> What is being asked:
Find how many lines below mention "arrows". Nothing but the number is needed.

------ Supplied entries

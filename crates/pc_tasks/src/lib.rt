//! Decks of tasks: which tasks come after which, and the plan of arrows that is generated from them.
#![tactic(auto)]

mod arrows;
mod card_faults;
mod circle;
mod codes;
mod draw;
pub mod laws;
mod links;
pub mod network;
mod phases;
mod tree;

pub use crate::arrows::{arrows_of, drawn_project};
pub use pc_deck::{AfterCard, TaskCard, TaskCards, read_tasks};
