//! WBS: an item of the work breakdown structure.
ghost use Rattle.std.specs.Prelude.{refl};
ghost use Rattle.pc_faults.specs.declared.kind.Kind.TheVariants as kinds;
ghost use Rattle.pc_deck.specs.Wbs.{item_kind, item_card};
ghost use Rattle.pc_deck.specs.WrittenKinds.{written_of};

use pc_cards::card::{Card, Coded, Layout};
use pc_cards::field::{Misfit, read_code_or_none, read_own_code, read_title};
use pc_cards::form::{FieldForm, Slot};
use pc_cards::sort::Sort;
use pc_faults::Kind;
use pc_records::{Fields, Records};
use pc_text::{Code, Title};
use std::alloc::AllocError;

/// A WBS card: an item of the work breakdown structure. The top item has no parent.
#[derive(Clone, Copy)]
pub struct ItemCard {
    pub row: u32,
    pub code: Code,
    pub parent: Option<Code>,
    pub title: Title,
}

/// The slots in a plan.
const SLOTS: [Slot; 3] = [
    (2, FieldForm::Code),
    (3, FieldForm::CodeOrNone),
    (4, FieldForm::Title),
];

/// The slots in a deck of tasks.
const TASK_SLOTS: [Slot; 3] = [
    (2, FieldForm::GivenCode),
    (3, FieldForm::CodeOrNone),
    (4, FieldForm::Title),
];

impl Card for ItemCard {
    ghost slots = { item_kind.slots };

    ghost least = { 4 };

    ghost most = { 4 };

    ghost spelled = { item_card };

    ghost written = { (written_of kinds.Wbs).written };

    fn layout(sort: Sort) -> Layout {
        Layout {
            slots: match sort {
                Sort::Plan => &SLOTS,
                Sort::Tasks => &TASK_SLOTS,
            },
            least: 4,
            most: 4,
        }
    }

    fn read<F: Fields>(sort: Sort, row: u32, fields: &F) -> Result<ItemCard, Misfit> {
        Ok(ItemCard {
            row,
            code: read_own_code(sort, fields, 2)?,
            parent: read_code_or_none(fields, 3)?,
            title: read_title(fields, 4)?,
        })
    }

    fn put<R: Records>(self, kind: Kind, text: &mut R) -> Result<(), AllocError> {
        let parent = match &self.parent {
            Some(code) => code.bytes(),
            None => b"".as_slice(),
        };
        text.put(&[kind.word(), self.code.bytes(), parent, self.title.bytes()])
    }
}

impl Coded for ItemCard {
    ghost own_code = { λ item. item.code };

    fn code(&self) -> &Code {
        &self.code
    }

    ghost second_field = { λ row fields. refl };
}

------------

> Answer area:
3